**Goal of the exercise:**
Copy exactly the lines of the material below that run from the one containing "(get (present s).names" through the one containing "parts.journals ≡ m.journals". Copy no other lines.

☆ ☆ ☆

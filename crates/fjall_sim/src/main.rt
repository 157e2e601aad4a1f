//! `fjall-sim` reads lines from standard input, runs them over the engine on a recorded disk in memory, and prints a line for each.
#![tactic(auto)]

mod answer;
mod calls;
mod earlier;
mod files;
mod items;
mod list;
mod lives;
mod opening;
mod own;
mod records;
mod session;

use fjall_base::{Error, Result};
use session::Session;
use std::alloc::Global;
use std::io::{Read, Write};
use std::process::ExitCode;

// Adds the answers of all lines of a text.
fn answer_lines(alloc: Global, text: &[u8], out: &mut String) -> Result<()> {
    let mut session = Session::new(alloc)?;
    let lines = text.strip_suffix(b"\n").unwrap_or(text);
    for line in lines.split(|byte| *byte == b'\n') {
        // what is no text has no word of a command
        session.take(str::from_utf8(line).unwrap_or(""), out)?;
    }
    session.serve(out)
}

// Reads all lines, and prints their answers, also where it can't go on.
fn serve<R: Read, W: Write>(alloc: Global, input: &mut R, output: &mut W) -> Result<()> {
    let mut text = Vec::new(alloc);
    input.read_to_end(&mut text)?;
    let mut out = String::new(alloc);
    let done = if text.is_empty() {
        Ok(())
    } else {
        answer_lines(alloc, &text, &mut out)
    };
    output.write_all(out.as_bytes())?;
    output.flush()?;
    done
}

fn main(rt: HostRuntime) -> ExitCode {
    match serve(rt.alloc(), &mut rt.stdin(), &mut rt.stdout()) {
        Ok(()) => ExitCode::from(0),
        Err(Error::OutOfMemory) => ExitCode::from(3),
        Err(_) => ExitCode::from(1),
    }
}
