//! Lives of engines one after another on one disk, which one call runs.

use crate::list::Wording;
use crate::session::Session;
use fjall_base::Result;
use fjall_calls::Reply;
use fjall_consistency::{Life, Outages, Turn, live};
use fjall_disk_memory::MemoryDisk;
use fjall_recorder::{LineError, Parsed, number, size};
use std::mem;

// Reads `close` or `drop`, which says whether a life is closed, `stay` or KEEP, and `CALL PART` where a call of the next life is to fail.
fn end(words: &[&str]) -> Parsed<(bool, Turn)> {
    let [how @ ("close" | "drop"), keep, fault @ ..] = words else {
        return Err(LineError::BadLine);
    };
    let keep = match *keep {
        "stay" => None,
        keep => Some(size(keep)?),
    };
    let (fails, part) = match fault {
        [] => (0, 0),
        [call, part] => (number(call)?, size(part)?),
        _ => return Err(LineError::BadLine),
    };
    Ok((*how == "close", Turn { keep, fails, part }))
}

impl Session {
    /// A life begins.
    pub(crate) fn begin_life(&mut self, out: &mut String) -> Result<()> {
        if !self.wordings.is_empty() {
            self.serve(out)?;
        }
        self.list.earlier = 0;
        self.list.is_life = true;
        self.wordings.push(Ok(Wording::Many(0)))?;
        Ok(())
    }

    /// A life ends.
    pub(crate) fn end_life(&mut self, how: &[&str]) -> Result<()> {
        let (closes, turn) = match end(how) {
            Ok(read) => read,
            Err(error) => return Ok(self.wordings.push(Err(error))?),
        };
        self.wordings.push(Ok(Wording::End))?;
        let (calls, wordings) = self.next_list();
        self.lives.push(Life { calls, closes })?;
        self.turns.push(turn)?;
        self.lines.push(wordings)?;
        Ok(())
    }

    /// Runs the lives on a new disk, and adds the answers to their lines. In each of them numbers begin anew.
    pub(crate) fn live(&mut self, out: &mut String) -> Result<()> {
        let alloc = self.alloc;
        let lives = mem::replace(&mut self.lives, Vec::new(alloc));
        let turns = mem::replace(&mut self.turns, Vec::new(alloc));
        let lines = mem::replace(&mut self.lines, Vec::new(alloc));
        let tickets = mem::replace(&mut self.tickets, Vec::new(alloc));
        let mut power = Outages { turns, made: 0 };
        let told = live(alloc, &mut power, MemoryDisk::new(alloc), lives)?;
        for (wordings, told) in lines.into_iter().zip(told) {
            let heard = match told {
                Ok(told) => {
                    let mut replies = told.replies;
                    replies.push(Reply::Flag(told.closed))?;
                    Ok(replies)
                }
                Err(error) => Err(Some(error)),
            };
            self.tickets.clear();
            self.tell(wordings, heard, out)?;
        }
        self.tickets = tickets;
        Ok(())
    }
}
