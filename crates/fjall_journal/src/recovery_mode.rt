//! What recovery does with the end of a journal.

/// What an opening does with what stands behind the whole batches of the active journal.
#[derive(Clone, Copy, Debug, Default, PartialEq, Eq)]
pub enum RecoveryMode {
    /// A torn tail is cut off, since an append that was cut short leaves one; a damage is an error.
    #[default]
    TolerateCorruptTail,
    /// A torn tail of the active journal is an error too: nothing is cut off, and the folder stays as it was.
    RefuseTornTail,
}
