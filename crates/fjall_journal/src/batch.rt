//! Batches as they are read.

ghost use Rattle.std.specs.Prelude.{◌≡◌};
ghost use Rattle.fjall_journal.specs.declared.batch.Stop.TheVariants.{Memory};

use crate::entry::ValueType;
use fjall_base::{JournalRecoveryError, UserKey, UserValue};
use std::alloc::{AllocError, AllocFailed};

/// An item of a batch.
#[derive(Debug, Drop)]
pub struct ReadBatchItem {
    pub keyspace_id: u64,
    pub key: UserKey,
    pub value: UserValue,
    pub value_type: ValueType,
}

/// A whole batch.
#[derive(Debug, Drop)]
pub struct Batch {
    pub seqno: u64,
    pub items: Vec<ReadBatchItem>,
    pub cleared_keyspaces: Vec<u64>,
}

/// What stands behind the whole batches.
#[derive(Clone, Copy, Debug, PartialEq, Eq)]
pub enum Tail {
    /// Nothing.
    Clean,
    /// What an append that was cut short leaves.
    Torn,
    /// A batch that is spelled to its end, and is none.
    Damaged(JournalRecoveryError),
}

/// Why no batch was read: memory ran out, or this stands there.
#[derive(Drop)]
pub(crate) enum Stop {
    Memory,
    Tail(Tail),
}

impl From<AllocError> for Stop {
    ghost from_gives = { λ _ e. e ≡ Memory };

    fn from(_e: AllocError) -> Stop {
        Stop::Memory
    }
}

impl<T: Drop> From<AllocFailed<T>> for Stop {
    ghost from_gives = { λ _ e. e ≡ Memory };

    fn from(_e: AllocFailed<T>) -> Stop {
        Stop::Memory
    }
}
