/// Sealed journals that nobody wants are gone: all of them, or some where it stopped before its end. What memory tells of what was
/// flushed is so in the state.
pub fn an_eviction_stands()
    ensures flushed { (m : Remembered) (table : ℕ) (s : State) → MemoryStandsFor m table s → (id lsn : ℕ) → is_flushed s id lsn ≡ flushed_by m.keyspaces m.records id lsn }
    ensures all { (m : Remembered) (table : ℕ) (s : State) → MemoryStandsFor m table s
        → MemoryStandsFor (with_sealed_in_memory (staying (flushed_by m.keyspaces m.records) m.journals.sealed) m) table (machine.evicted s) }
    ensures left { (m : Remembered) (table : ℕ) (s : State) → MemoryStandsFor m table s → (left : List Sealed) → MemoryStandsFor (with_sealed_in_memory left m) table (machine.with_sealed left s) }
    ensures some { (m : Remembered) (table : ℕ) (s : State) → MemoryStandsFor m table s → (gone left : List Sealed)
        → StoppedBehind (flushed_by m.keyspaces m.records) m.journals.sealed left gone → EvictsSome s (machine.with_sealed left s) }
{}

/// What is counted of trees is so whatever is kept of their tables.
pub fn counts_agree()
    ensures versions { (m : Remembered) (table : ℕ) (s : State) → MemoryStandsFor m table s → (id : ℕ) → version_count (shape_in id s.parts.trees) ≡ version_count (shape_in id m.trees) }
    ensures sealed { (m : Remembered) (table : ℕ) (s : State) → MemoryStandsFor m table s → (id : ℕ)
        → length (shape_in id s.parts.trees).memory.sealed ≡ length (shape_in id m.trees).memory.sealed }
    ensures buffer { (m : Remembered) (table : ℕ) (s : State) → MemoryStandsFor m table s
        → buffer_size (present s) s.parts.trees ≡ buffer_size (store_of m.keyspaces m.trees) m.trees }
    ensures wants { (m : Remembered) (table : ℕ) (s : State) → MemoryStandsFor m table s → (id : ℕ)
        → wants_rotation (present s) s.parts.trees id ≡ wants_rotation (store_of m.keyspaces m.trees) m.trees id }
    ensures rotates { (m : Remembered) (table : ℕ) (s : State) → MemoryStandsFor m table s → (id : ℕ) → rotates s.parts.trees id ≡ rotates m.trees id }
    ensures tables { (m : Remembered) (table : ℕ) (s : State) → MemoryStandsFor m table s → (id : ℕ) → HasTables id s.parts.trees ↔ HasTables id m.trees }
{}

/// So are tables and flushes: their counts, the bytes of their files, which flushes are out and begin, and which keyspaces wait for one.
pub fn flushes_agree()
    ensures tables { (m : Remembered) (table : ℕ) (s : State) → MemoryStandsFor m table s → (id : ℕ) → length (shape_in id s.parts.trees).tables ≡ length (shape_in id m.trees).tables }
    ensures level { (m : Remembered) (table : ℕ) (s : State) → MemoryStandsFor m table s → (id : ℕ)
        → count_by (λ t. is_l0 t.info.level) (shape_in id s.parts.trees).tables ≡ count_by (λ t. is_l0 t.info.level) (shape_in id m.trees).tables }
    ensures space { (m : Remembered) (table : ℕ) (s : State) → MemoryStandsFor m table s → (id : ℕ) → table_space (shape_in id s.parts.trees) ≡ table_space (shape_in id m.trees) }
    ensures spaces { (m : Remembered) (table : ℕ) (s : State) → MemoryStandsFor m table s
        → tables_space (present s) s.parts.trees ≡ tables_space (store_of m.keyspaces m.trees) m.trees }
    ensures count { (m : Remembered) (table : ℕ) (s : State) → MemoryStandsFor m table s → flush_count (present s) s.parts.trees ≡ flush_count (store_of m.keyspaces m.trees) m.trees }
    ensures begins { (m : Remembered) (table : ℕ) (s : State) → MemoryStandsFor m table s → (id : ℕ) → begins_flush s.parts.trees id ≡ begins_flush m.trees id }
    ensures out { (m : Remembered) (table : ℕ) (s : State) → MemoryStandsFor m table s → (job : JobId) → is_flushing s.parts.trees job ≡ is_flushing m.trees job }
    ensures waited { (m : Remembered) (table : ℕ) (s : State) → MemoryStandsFor m table s
        → waited_for (is_flushed s) s.parts.journals.sealed ≡ waited_for (flushed_by m.keyspaces m.records) m.journals.sealed }
    ensures last { (m : Remembered) (table : ℕ) (s : State) → MemoryStandsFor m table s → (id : ℕ) (k : LivingKeyspace) → keyspace_at id m.keyspaces.living ≡ Some k
        → s.parts.records id ≡ last_known m.records k }
{}

/// Where no refusal of a read is due, trees tell with their tables what the view has.
pub fn reads_agree()
    ensures shown { (m : Remembered) (table : ℕ) (s : State) → MemoryStandsFor m table s → (view : Seen) (id : ℕ) → first_due (view_refusals (facts_of m table) view id) ≡ None
        → pairs_with s.parts.entries id (instant_in m view) m.trees ≡ map_at (maps_in s view) id }
    // And where the keyspace has no table, memory alone does.
    ensures bare { (m : Remembered) (table : ℕ) (s : State) → MemoryStandsFor m table s → (view : Seen) (id : ℕ) → first_due (view_refusals (facts_of m table) view id) ≡ None
        → (shape_in id m.trees).tables ≡ [] → pairs_in id (instant_in m view) m.trees ≡ map_at (maps_in s view) id }
{}

/// Tickets that are opened, closed or collected are the state's: a new one reads at the next number, or where another one
/// does.
pub fn tickets_stand()
    ensures opened { (m : Remembered) (table : ℕ) (s : State) → MemoryStandsFor m table s
        → MemoryStandsFor (with_tickets (opened m.next m.tickets) m) table (record s { tickets = opened m.next s.tickets }) }
    ensures cloned { (m : Remembered) (table : ℕ) (s : State) → MemoryStandsFor m table s → (id instant : ℕ) → get m.tickets.instants id ≡ Some instant
        → MemoryStandsFor (with_tickets (opened instant m.tickets) m) table (record s { tickets = opened instant s.tickets }) }
    ensures closed { (m : Remembered) (table : ℕ) (s : State) → MemoryStandsFor m table s → (id : ℕ)
        → MemoryStandsFor (with_tickets (closed m.next id m.tickets) m) table (record s { tickets = closed m.next id s.tickets }) }
    ensures collected { (m : Remembered) (table : ℕ) (s : State) → MemoryStandsFor m table s
        → MemoryStandsFor (with_tickets (collected m.next m.tickets) m) table (record s { tickets = collected m.next s.tickets }) }
{}

/// Each step of the machine is one small move of its history and its tickets.
pub fn a_step_moves()
    ensures { (s t : State) (call : Asked) (reply : Told) → Step s call reply t → Moves (times s) (times t) }
{}

/// Whatever calls come after, a ticket that stays open reads at the instant at which it was opened, and its view is what was
/// accepted up to then.
pub fn a_snapshot_keeps_its_view()
    ensures view { (s t : State) (calls : List Asked) (replies : List Told) → Run s calls replies t → AreSound (times s)
        → (ticket before after : ℕ) → get s.tickets.instants ticket ≡ Some before → get t.tickets.instants ticket ≡ Some after
        → (before ≡ after) × (view t.history after ≡ view s.history before) }
    ensures sound { (s t : State) (calls : List Asked) (replies : List Told) → Run s calls replies t → AreSound (times s) → AreSound (times t) }
    ensures opened { (store : Store) (damaged : List ℕ) (base : ℕ) (parts : Parts) → AreSound (times (opened_state store damaged base parts)) }
{}

/// The present's keyspaces are those that are held.
pub fn names_agree()
    ensures listed { (m : Remembered) (table : ℕ) (s : State) → MemoryStandsFor m table s → values (present s).names ≡ map (λ k. k.name) m.keyspaces.living }
    ensures counted { (m : Remembered) (table : ℕ) (s : State) → MemoryStandsFor m table s → len (present s).names ≡ length m.keyspaces.living }
    ensures named { (m : Remembered) (table : ℕ) (s : State) → MemoryStandsFor m table s → (name : Bytes)
        → names_one (present s) name ≡ is_some (id_of name m.keyspaces.living) }
    ensures resolved { (m : Remembered) (table : ℕ) (s : State) → MemoryStandsFor m table s → (id : ℕ) (name : Bytes)
        → (get (present s).names id ≡ Some name) ↔ (id_of name m.keyspaces.living ≡ Some id) }
    ensures living { (m : Remembered) (table : ℕ) (s : State) → MemoryStandsFor m table s → (id : ℕ)
        → is_living (present s) id ≡ is_living (store_of m.keyspaces m.trees) id }
    ensures next { (m : Remembered) (table : ℕ) (s : State) → MemoryStandsFor m table s → (present s).next ≡ m.keyspaces.next }
{}

/// A keyspace of the present persists by hand where the one that is held does.
pub fn options_agree()
    ensures { (m : Remembered) (table : ℕ) (s : State) → MemoryStandsFor m table s → (id : ℕ)
        → persists_by_hand (present s) id ≡ persists_by_hand (store_of m.keyspaces m.trees) id }
{}

/// What was just opened stands for the state just opened, whatever older entries tables hold, and whichever keyspaces are damaged.
pub fn an_opening_stands()
    ensures { (m : Remembered) → IsLawful m → m.handles ≡ empty → m.lasting ≡ [] → m.poisoned ≡ false → m.tickets ≡ collected m.next no_tickets → m.next_job ≡ 0 → m.merges_done ≡ 0
        → (table : ℕ) (parts : Parts) → parts.table ≡ table → parts.trees ≡ m.trees → parts.journals ≡ m.journals
        → All (λ k. parts.records k.id ≡ last_known m.records k) m.keyspaces.living → AreBeside m parts.entries → (damaged : List ℕ)
        → MemoryStandsFor m table (opened_state (store_with parts.entries m.keyspaces m.trees) damaged m.next parts) }
{}

/// Where nothing refuses a call, what it asks for is there.
pub fn nothing_refused()
    ensures change { (f : Facts) (change : Change) → first_due (change_refusals f change) ≡ None → MayChange f change }
    ensures creation { (f : Facts) (name : Bytes) → first_due (creation_refusals f name) ≡ None → MayCreate f name }
    ensures deletion { (f : Facts) (id : ℕ) → first_due (deletion_refusals f id) ≡ None → MayDelete f id }
    ensures journal { (f : Facts) → first_due (journal_refusals f) ≡ None → (f.poisoned ≡ false) × (f.active < 2 ^ 64 - 2) }
    ensures release { (f : Facts) (id : ℕ) → first_due (handle_refusals f OneLess id) ≡ None → 0 < handles_of f.handles id }
{}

☆ ☆ ☆

**Solution to this task:**
        → (get (present s).names id ≡ Some name) ↔ (id_of name m.keyspaces.living ≡ Some id) }
    ensures living { (m : Remembered) (table : ℕ) (s : State) → MemoryStandsFor m table s → (id : ℕ)
        → is_living (present s) id ≡ is_living (store_of m.keyspaces m.trees) id }
    ensures next { (m : Remembered) (table : ℕ) (s : State) → MemoryStandsFor m table s → (present s).next ≡ m.keyspaces.next }
{}

/// A keyspace of the present persists by hand where the one that is held does.
pub fn options_agree()
    ensures { (m : Remembered) (table : ℕ) (s : State) → MemoryStandsFor m table s → (id : ℕ)
        → persists_by_hand (present s) id ≡ persists_by_hand (store_of m.keyspaces m.trees) id }
{}

/// What was just opened stands for the state just opened, whatever older entries tables hold, and whichever keyspaces are damaged.
pub fn an_opening_stands()
    ensures { (m : Remembered) → IsLawful m → m.handles ≡ empty → m.lasting ≡ [] → m.poisoned ≡ false → m.tickets ≡ collected m.next no_tickets → m.next_job ≡ 0 → m.merges_done ≡ 0
        → (table : ℕ) (parts : Parts) → parts.table ≡ table → parts.trees ≡ m.trees → parts.journals ≡ m.journals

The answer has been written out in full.